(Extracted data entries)

//! The rows of a sheet and their cells, as bytes.

ghost use Rattle.std.specs.Prelude.{◌≡◌, ◌++◌, ◌∷◌, [], ℕ, List, IfOk, OnOk};
ghost use Rattle.table_pages.specs.Cells as cells;

use std::alloc::{AllocError, Global};
use std::marker::Model;
use std::mem;

/// How far a cell was read.
#[derive(Clone, Copy, Debug, PartialEq, Eq)]
pub(crate) enum Mode {
    /// Nothing of it.
    Start,
    /// Something that no quote is around.
    Plain,
    /// The last quote is open.
    Quoted,
    /// The last byte closed a quote, unless another quote follows.
    Closed,
}

/// What a byte does.
#[derive(Clone, Copy, Debug, PartialEq, Eq)]
pub(crate) enum Act {
    /// It is a quote around the cell.
    Turn(Mode),
    /// It belongs to the cell.
    Put(Mode),
    /// It ends the cell.
    EndCell,
    /// It ends the row.
    EndRow,
}

/// The bytes of a cell. Contracts see their list.
#[derive(Drop)]
pub(crate) struct CellBytes {
    bytes: Vec<u8>,
}

impl Model for CellBytes {
    ghost use Rattle.std.specs.Prelude.{List, ℕ};

    ghost Value = { List ℕ };

    ghost view = { λ a. a.bytes.items };
}

impl CellBytes {
    pub(crate) fn as_slice(&self) -> &[u8]
        ensures { result.now ≡ self.now }
    {
        self.bytes.as_slice()
    }
}

/// The cells of a row. Contracts see their list.
#[derive(Drop)]
pub(crate) struct RowBytes {
    cells: Vec<CellBytes>,
}

impl Model for RowBytes {
    ghost use Rattle.std.specs.Prelude.{List, ℕ};

    ghost Value = { List (List ℕ) };

    ghost view = { λ a. a.cells.items };
}

impl RowBytes {
    pub(crate) fn as_slice(&self) -> &[CellBytes]
        ensures { result.now ≡ self.now }
    {
        self.cells.as_slice()
    }
}

/// The rows that were read, of which the last may be empty, and whether a quote is open at their end.
pub(crate) struct ReadRows {
    pub rows: Vec<RowBytes>,
    pub is_open: bool,
}

/// What a byte does to a cell that was read so far.
fn act_of(separator: u8, mode: Mode, byte: u8) -> Act
    ensures { result ≡ cells.act separator mode byte }
{
    match mode {
        Mode::Quoted if byte == b'"' => Act::Turn(Mode::Closed),
        Mode::Quoted => Act::Put(Mode::Quoted),
        Mode::Start if byte == b'"' => Act::Turn(Mode::Quoted),
        Mode::Closed if byte == b'"' => Act::Put(Mode::Quoted),
        _ => plain_act(separator, byte),
    }
}

/// The same outside quotes.
fn plain_act(separator: u8, byte: u8) -> Act
    ensures { result ≡ cells.plain separator byte }
{
    if byte == separator {
        Act::EndCell
    } else if byte == b'\n' {
        Act::EndRow
    } else {
        Act::Put(Mode::Plain)
    }
}

/// The rows before the one that is read, its cells before the one that is read, and what of that was read.
#[derive(Drop)]
struct Reading {
    rows: Vec<RowBytes>,
    row: Vec<CellBytes>,
    cell: Vec<u8>,
    mode: Mode,
}

impl Reading {
    ghost use Rattle.table_pages.specs.Cells.{read, read_on};

    fn take(&mut self, alloc: Global, separator: u8, byte: u8) -> Result<(), AllocError>
        ensures rows { OnOk result ((bytes : List ℕ)
            → read_on separator self.new.rows.items self.new.row.items self.new.cell.items self.new.mode bytes
            ≡ read_on separator self.old.rows.items self.old.row.items self.old.cell.items self.old.mode
            (byte ∷ bytes)) }
        ensures ends { OnOk result ((bytes : List ℕ)
            → (read separator self.new.mode bytes).ends ≡ (read separator self.old.mode (byte ∷ bytes)).ends) }
    {
        match act_of(separator, self.mode, byte) {
            Act::Turn(mode) => {
                self.mode = mode;
                Ok(())
            }
            Act::Put(mode) => {
                self.cell.push(byte)?;
                self.mode = mode;
                Ok(())
            }
            Act::EndCell => {
                self.end_cell(alloc)?;
                self.mode = Mode::Start;
                Ok(())
            }
            Act::EndRow => {
                self.end_row(alloc)?;
                self.mode = Mode::Start;
                Ok(())
            }
        }
    }

    /// Ends the cell.
    fn end_cell(&mut self, alloc: Global) -> Result<(), AllocError>
        ensures rows { self.new.rows ≡ self.old.rows }
        ensures row { OnOk result (self.new.row.items ≡ self.old.row.items ++ self.old.cell.items ∷ []) }
        ensures cell { OnOk result (self.new.cell.items ≡ []) }
    {
        let bytes = mem::replace(&mut self.cell, Vec::new(alloc));
        self.row.push(CellBytes { bytes })?;
        Ok(())
    }

    /// Ends the cell and the row.
    fn end_row(&mut self, alloc: Global) -> Result<(), AllocError>
        ensures rows { OnOk result (self.new.rows.items
            ≡ self.old.rows.items ++ (self.old.row.items ++ self.old.cell.items ∷ []) ∷ []) }
        ensures row { OnOk result (self.new.row.items ≡ []) }
        ensures cell { OnOk result (self.new.cell.items ≡ []) }
    {
        self.end_cell(alloc)?;
        let cells = mem::replace(&mut self.row, Vec::new(alloc));
        self.rows.push(RowBytes { cells })?;
        Ok(())
    }
}

/// The rows of lines whose cells are parted so.
pub(crate) fn read_rows(alloc: Global, separator: u8, lines: &[u8]) -> Result<ReadRows, AllocError>
    ensures rows { IfOk result (λ found. found.rows.items ≡ cells.rows_of separator lines.now) }
    ensures open { IfOk result (λ found. found.is_open ≡ cells.is_open separator lines.now) }
{
    let mut reading = Reading {
        rows: Vec::new(alloc),
        row: Vec::new(alloc),
        cell: Vec::new(alloc),
        mode: Mode::Start,
    };
    for byte in lines {
        reading.take(alloc, separator, *byte)?;
    }
    let is_open = is_quoted(reading.mode);
    reading.end_row(alloc)?;
    let Reading { rows, .. } = reading;
    Ok(ReadRows { rows, is_open })
}

/// Whether a quote is open.
fn is_quoted(mode: Mode) -> bool
    ensures { result ≡ cells.is_quoted mode }
{
    matches!(mode, Mode::Quoted)
}
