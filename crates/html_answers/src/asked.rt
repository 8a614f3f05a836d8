//! What a head asks for.

ghost use Rattle.std.specs.Prelude.{◌≡◌, IfOk};
ghost use Rattle.html_answers.specs.Asked as asks;

use crate::hosts::is_right_host;
use html_parts::Words;
use http::StatusCode;
use room_requests::{
    Head, Page, Query, find_page, has_right_hosts, local_target, only_reads, split_query,
};
use std::alloc::{AllocError, Global};

/// A page that a browser may ask for.
#[derive(Clone, Copy, Debug, PartialEq, Eq)]
pub(crate) enum HtmlPage {
    /// One that is also there as text.
    Room(Page),
    Search,
    Style,
}

/// What a head asks for.
#[derive(Debug, Drop)]
pub(crate) enum HtmlAsked {
    /// It is refused with this status, whatever the records are: 400, 405 or 404.
    Refused(StatusCode),
    /// A page. It may be missing (404), and its query may be wrong (400).
    Page { page: HtmlPage, query: Query },
}

/// What a head asks a room for that may have been given a name.
///
/// 400: more than one Host, or none of HTTP/1.1; a Host that is neither this machine nor the room; a target that does
/// not begin with a slash. 405: a method other than GET and HEAD, on any path. 404: a path that names no page. They
/// come in this order.
pub(crate) fn read_request(
    alloc: Global,
    own: &Option<Words>,
    head: &Head,
) -> Result<HtmlAsked, AllocError>
    ensures { IfOk result (λ found. found ≡ asks.asked_by own.now head.now) }
{
    if !has_right_hosts(head) || !is_right_host(own, head) {
        return Ok(HtmlAsked::Refused(StatusCode::BAD_REQUEST));
    }
    read_target(alloc, head, local_target(&head.target))
}

fn read_target(alloc: Global, head: &Head, target: &str) -> Result<HtmlAsked, AllocError>
    ensures { IfOk result (λ found. found ≡ asks.asked_at head.now target.now) }
{
    if !target.starts_with('/') {
        return Ok(HtmlAsked::Refused(StatusCode::BAD_REQUEST));
    }
    if !only_reads(head) {
        return Ok(HtmlAsked::Refused(StatusCode::METHOD_NOT_ALLOWED));
    }
    let (path, query) = split_query(target);
    match find_html_page(alloc, path)? {
        Some(page) => Ok(HtmlAsked::Page {
            page,
            query: Query::new(String::from_str(alloc, query)?),
        }),
        None => Ok(HtmlAsked::Refused(StatusCode::NOT_FOUND)),
    }
}

/// The page that a path names. `None`: there is none.
fn find_html_page(alloc: Global, path: &str) -> Result<Option<HtmlPage>, AllocError>
    ensures { IfOk result (λ found. found ≡ asks.html_page_of path.now) }
{
    if path == "/search" {
        return Ok(Some(HtmlPage::Search));
    }
    if path == "/style.css" {
        return Ok(Some(HtmlPage::Style));
    }
    match find_page(alloc, path)? {
        Some(page) => Ok(Some(HtmlPage::Room(page))),
        None => Ok(None),
    }
}
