//! An archive: made, opened, asked, and changed by requests.

ghost use Rattle.std.specs.Prelude.{
  ◌≡◌,
  ◌≢◌,
  ◌↔◌,
  ◌⊎◌,
  ⊤,
  true,
  List,
  ℕ,
  [],
  ◌∷◌,
  length,
  drop,
  false,
  is_some,
  is_none,
  None,
  Some,
  Ok,
  Err,
  IfOk,
  IfErr,
  IfSome,
  IfNone,
  OnOk,
  OnErr,
  IsSome,
  IsTrue,
  MatchOption,
};
ghost use Rattle.std.specs.List.{AllByRecursion, zip};
ghost use Rattle.std.specs.String.{string_bytes};
ghost use Rattle.std.specs.FinMap.{get, keys};
ghost use Rattle.sqlite.specs.State.{HasCleanDisk};
ghost use Rattle.sqlite.specs.Held.{state};
ghost use Rattle.sqlite.specs.Tree.{Trees};
ghost use Rattle.archive_state.specs.Looks.{is_stop};
ghost use Rattle.date_spans.specs.Between.{AreAll, IsBetween};
ghost use Rattle.record_text.specs.declared.refusal.RefusalKind.TheVariants as refusal;
ghost use Rattle.archive_core.specs.Machine.{Does, import_of};
ghost use Rattle.archive_core.specs.Steps.{refused_at};
ghost use Rattle.archive_core.specs.declared.request.Request.{Request};
ghost use Rattle.archive_state.specs.Content.{Content, nothing};
ghost use Rattle.store_tables.specs.Calls.{IsAsItWas, Settled, SettledBlank, LeavesOnly};
ghost use Rattle.store_tables.specs.Looking.{IsFailure};
ghost use Rattle.store_tables.specs.Rows.{Rows};
ghost use Rattle.store_tables.specs.Schema.{no_schema};
ghost use Rattle.table_looks.specs.Judging.{Judges, Tells, without_fault};
ghost use Rattle.store.specs.Adopting.{
  HasNoImport,
  IsRecognised,
  LeavesRefused,
  LeavesStore,
  RefusesToAdopt,
  StaysSettled,
  TakesUp,
  is_foreign,
};
ghost use Rattle.store.specs.Archives.{HasArchive, Keeps, LeavesArchive};
ghost use Rattle.store.specs.Calls.{
  Acknowledges,
  LeavesDoneOrNot,
  LeavesTogether,
  OnArchive,
  Performs,
  Reads,
};
ghost use Rattle.store.specs.Creating.{IsSociety, RefusesToCreate, RefusesToMake};
ghost use Rattle.store.specs.Histories.{
  AreLost,
  Outcome,
  has_broken,
  has_failed,
  is_storage,
  loses,
};
ghost use Rattle.store.specs.Importing.{HasAnswered, HasBegun, HasImport, HasPublished, StaysOn};
ghost use Rattle.store.specs.Lives.{IsCall, IsOpenedOver, IsRefusedOver, IsTakenUpOver};
ghost use Rattle.store.specs.Looking.{IsRead, IsUnread};
ghost use Rattle.store.specs.Overwritten.{keeps_past};
ghost use Rattle.past_values.specs.Recalling.{CanBeRecalled, IsRecalled};
ghost use Rattle.store.specs.Recalling.{Recalls};
ghost use Rattle.store.specs.Standing.{
  begun_as,
  heard,
  must_wait,
  published_by,
  shuts,
  standing,
};
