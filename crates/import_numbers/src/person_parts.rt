//! Persons and families with numbers for positions.

ghost use Rattle.archive_state.specs.Merging as merging;

use crate::lines::renumber_lines;
use crate::renumbering::{Renumber, number_of, renumber_all};
use record_kinds::{Child, Family, Name, Partner, Person};
use std::alloc::{AllocError, Global};

impl Renumber for Name {
    ghost with = { merging.name_with };

    fn renumber(&mut self, alloc: Global, numbers: &[u32]) -> Result<(), AllocError> {
        renumber_lines(alloc, &mut self.carried, numbers)?;
        Ok(())
    }
}

impl Renumber for Person {
    ghost with = { merging.person_with };

    fn renumber(&mut self, alloc: Global, numbers: &[u32]) -> Result<(), AllocError> {
        renumber_all(alloc, &mut self.names, numbers)?;
        renumber_lines(alloc, &mut self.carried, numbers)?;
        Ok(())
    }
}

impl Renumber for Partner {
    ghost with = { merging.partner_with };

    fn renumber(&mut self, alloc: Global, numbers: &[u32]) -> Result<(), AllocError> {
        self.person = number_of(numbers, self.person);
        renumber_lines(alloc, &mut self.carried, numbers)?;
        renumber_lines(alloc, &mut self.carried_by_person, numbers)?;
        Ok(())
    }
}

impl Renumber for Child {
    ghost with = { merging.child_with };

    fn renumber(&mut self, alloc: Global, numbers: &[u32]) -> Result<(), AllocError> {
        self.person = number_of(numbers, self.person);
        renumber_lines(alloc, &mut self.carried, numbers)?;
        renumber_lines(alloc, &mut self.carried_by_person, numbers)?;
        Ok(())
    }
}

impl Renumber for Family {
    ghost with = { merging.family_with };

    fn renumber(&mut self, alloc: Global, numbers: &[u32]) -> Result<(), AllocError> {
        renumber_all(alloc, &mut self.partners, numbers)?;
        renumber_all(alloc, &mut self.children, numbers)?;
        renumber_lines(alloc, &mut self.carried, numbers)?;
        Ok(())
    }
}
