//! Cells without the blanks at their ends.

ghost use Rattle.std.specs.Prelude.{◌≡◌, ◌<◌, ◌++◌, ◌∷◌, [], MatchOption, length, reverse};
ghost use Rattle.table_pages.specs.Blanks as blanks;

/// Without space, tab, LF and U+00A0 at both ends.
#[tactic(auto, unfolding(crate::specs::Blanks::trimmed))]
pub(crate) fn trimmed(bytes: &[u8]) -> &[u8]
    ensures { result.now ≡ blanks.trimmed bytes.now }
{
    until_blanks(past_blanks(bytes))
}

/// Without the blanks before them.
fn past_blanks(bytes: &[u8]) -> &[u8]
    ensures { result.now ≡ blanks.past_blanks 194 160 bytes.now }
{
    let mut rest = bytes;
    'blanks: while let Some(more) = past_blank(rest) {
        rest = more;
    }
    rest
}

/// What is after a blank.
fn past_blank(bytes: &[u8]) -> Option<&[u8]>
    ensures { MatchOption result (blanks.past_blanks 194 160 bytes.now ≡ bytes.now)
        (λ more. (blanks.past_blanks 194 160 bytes.now ≡ blanks.past_blanks 194 160 more.now)
        × length more.now < length bytes.now) }
{
    match bytes {
        [first, more @ ..] if is_blank(*first) => Some(more),
        [first, second, more @ ..] if *first == 0xC2 && *second == 0xA0 => Some(more),
        _ => None,
    }
}

/// Without the blanks after them.
fn until_blanks(bytes: &[u8]) -> &[u8]
    ensures { result.now ≡ blanks.until_blanks bytes.now }
{
    let mut rest = bytes;
    'blanks: while let Some(front) = before_blank(rest) {
        rest = front;
    }
    rest
}

/// What is before a blank that ends them.
fn before_blank(bytes: &[u8]) -> Option<&[u8]>
    ensures { MatchOption result (blanks.until_blanks bytes.now ≡ bytes.now)
        (λ front. (blanks.until_blanks bytes.now ≡ blanks.until_blanks front.now)
        × length front.now < length bytes.now) }
{
    match bytes {
        [front @ .., last] if is_blank(*last) => Some(front),
        [front @ .., first, last] if *first == 0xC2 && *last == 0xA0 => Some(front),
        _ => None,
    }
}

/// A space, a tab or LF.
fn is_blank(byte: u8) -> bool
    ensures { result ≡ blanks.is_blank byte }
{
    byte == b' ' || byte == b'\t' || byte == b'\n'
}
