//! What is wrong with a page.

ghost use Rattle.std.specs.Prelude.{◌≡◌};
ghost use Rattle.table_pages.specs.Faults.{name_of, number_of};

use commands::Field;

/// Why a page is refused. docs/REFUSALS.md explains the numbers and names.
#[derive(Clone, Copy, Debug, PartialEq, Eq)]
pub enum FaultKind {
    /// A cell's bytes are not UTF-8.
    NotUtf8,
    /// A quote is not closed.
    OpenQuote,
    /// No field and no role has the name of the column.
    UnknownColumn,
    /// The column stood before.
    RepeatedColumn,
    /// There is no column for a field that each entry needs.
    MissingColumn,
    /// A cell under a column without a name.
    UnnamedColumn,
    /// A cell after the last column.
    BeyondHeader,
    /// The spreadsheet shows an error, or a column that is too narrow.
    SheetError,
    /// The cell is no text.
    BadText,
    /// No kind of register entries.
    BadKind,
    /// No number from 1 to 999,999.
    BadItem,
    /// A day that does not exist, or that can be read in several ways.
    BadDate,
    /// Neither a number of a record, a token nor a path.
    BadPlace,
    /// A path that no place can have.
    BadPath,
    /// No name stands under a role.
    NoMention,
    /// More than 100 names.
    ManyMentions,
    /// The kind of entry has no such role.
    NotOfKind,
}

impl FaultKind {
    /// The number in the table of refusals.
    pub fn number(self) -> u8
        ensures { result ≡ number_of self }
    {
        match self {
            FaultKind::BadText | FaultKind::BadPath => 58,
            FaultKind::NotOfKind => 62,
            FaultKind::BeyondHeader | FaultKind::NoMention | FaultKind::ManyMentions => 92,
            FaultKind::UnknownColumn | FaultKind::RepeatedColumn | FaultKind::UnnamedColumn => 97,
            FaultKind::MissingColumn => 98,
            _ => 90,
        }
    }

    /// The name in the table of refusals.
    pub fn name(self) -> &'static str
        ensures { result.now ≡ name_of self }
    {
        match self {
            FaultKind::BadText | FaultKind::BadPath => "BadText",
            FaultKind::NotOfKind => "NotOfKind",
            FaultKind::BeyondHeader | FaultKind::NoMention | FaultKind::ManyMentions => {
                "FieldCount"
            }
            FaultKind::UnknownColumn | FaultKind::RepeatedColumn | FaultKind::UnnamedColumn => {
                "UnknownColumn"
            }
            FaultKind::MissingColumn => "MissingColumn",
            _ => "BadRow",
        }
    }
}

/// The first fault of a page: its row as the sheet shows it, and the name of the column and the cell where they are to
/// blame, else empty.
#[derive(Debug, Drop)]
pub struct PageFault {
    pub row: usize,
    pub kind: FaultKind,
    pub column: Field,
    pub cell: Field,
}
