//! Where a place is.

ghost use Rattle.std.specs.Prelude.{◌≡◌, option_map};
ghost use Rattle.import_definitions.specs.Numbers as numbers;
ghost use Rattle.import_numbers.specs.Views.{found_said};

/// Where a place is: in the archive, or made by this import, by its number; in the file by its position.
#[derive(Clone, Copy, Debug, PartialEq, Eq)]
pub enum Found {
    Number(u32),
    Position(u32),
}

/// The place of the archive; else the one of the file, where it counts; else the one that was made.
pub(crate) fn first_found(
    archive: Option<u32>,
    file: Option<u32>,
    made: Option<u32>,
) -> Option<Found>
    ensures { option_map found_said result ≡ numbers.or_else (option_map numbers.at_number archive)
        (numbers.or_else (option_map numbers.at_position file) (option_map numbers.at_number made)) }
{
    if let Some(number) = archive {
        return Some(Found::Number(number));
    }
    if let Some(position) = file {
        return Some(Found::Position(position));
    }
    match made {
        Some(number) => Some(Found::Number(number)),
        None => None,
    }
}

/// The position, where it stands before another or where any counts.
pub(crate) fn where_before(before: Option<u32>, found: Option<u32>) -> Option<u32>
    ensures { result ≡ numbers.where_before before found }
{
    match (before, found) {
        (None, found) => found,
        (Some(before), Some(position)) if position < before => Some(position),
        _ => None,
    }
}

▶ [Brief]: From the records above, count the lines in which the string "ReadRows" is found, and answer with the number alone.

▶ [Output below]: 3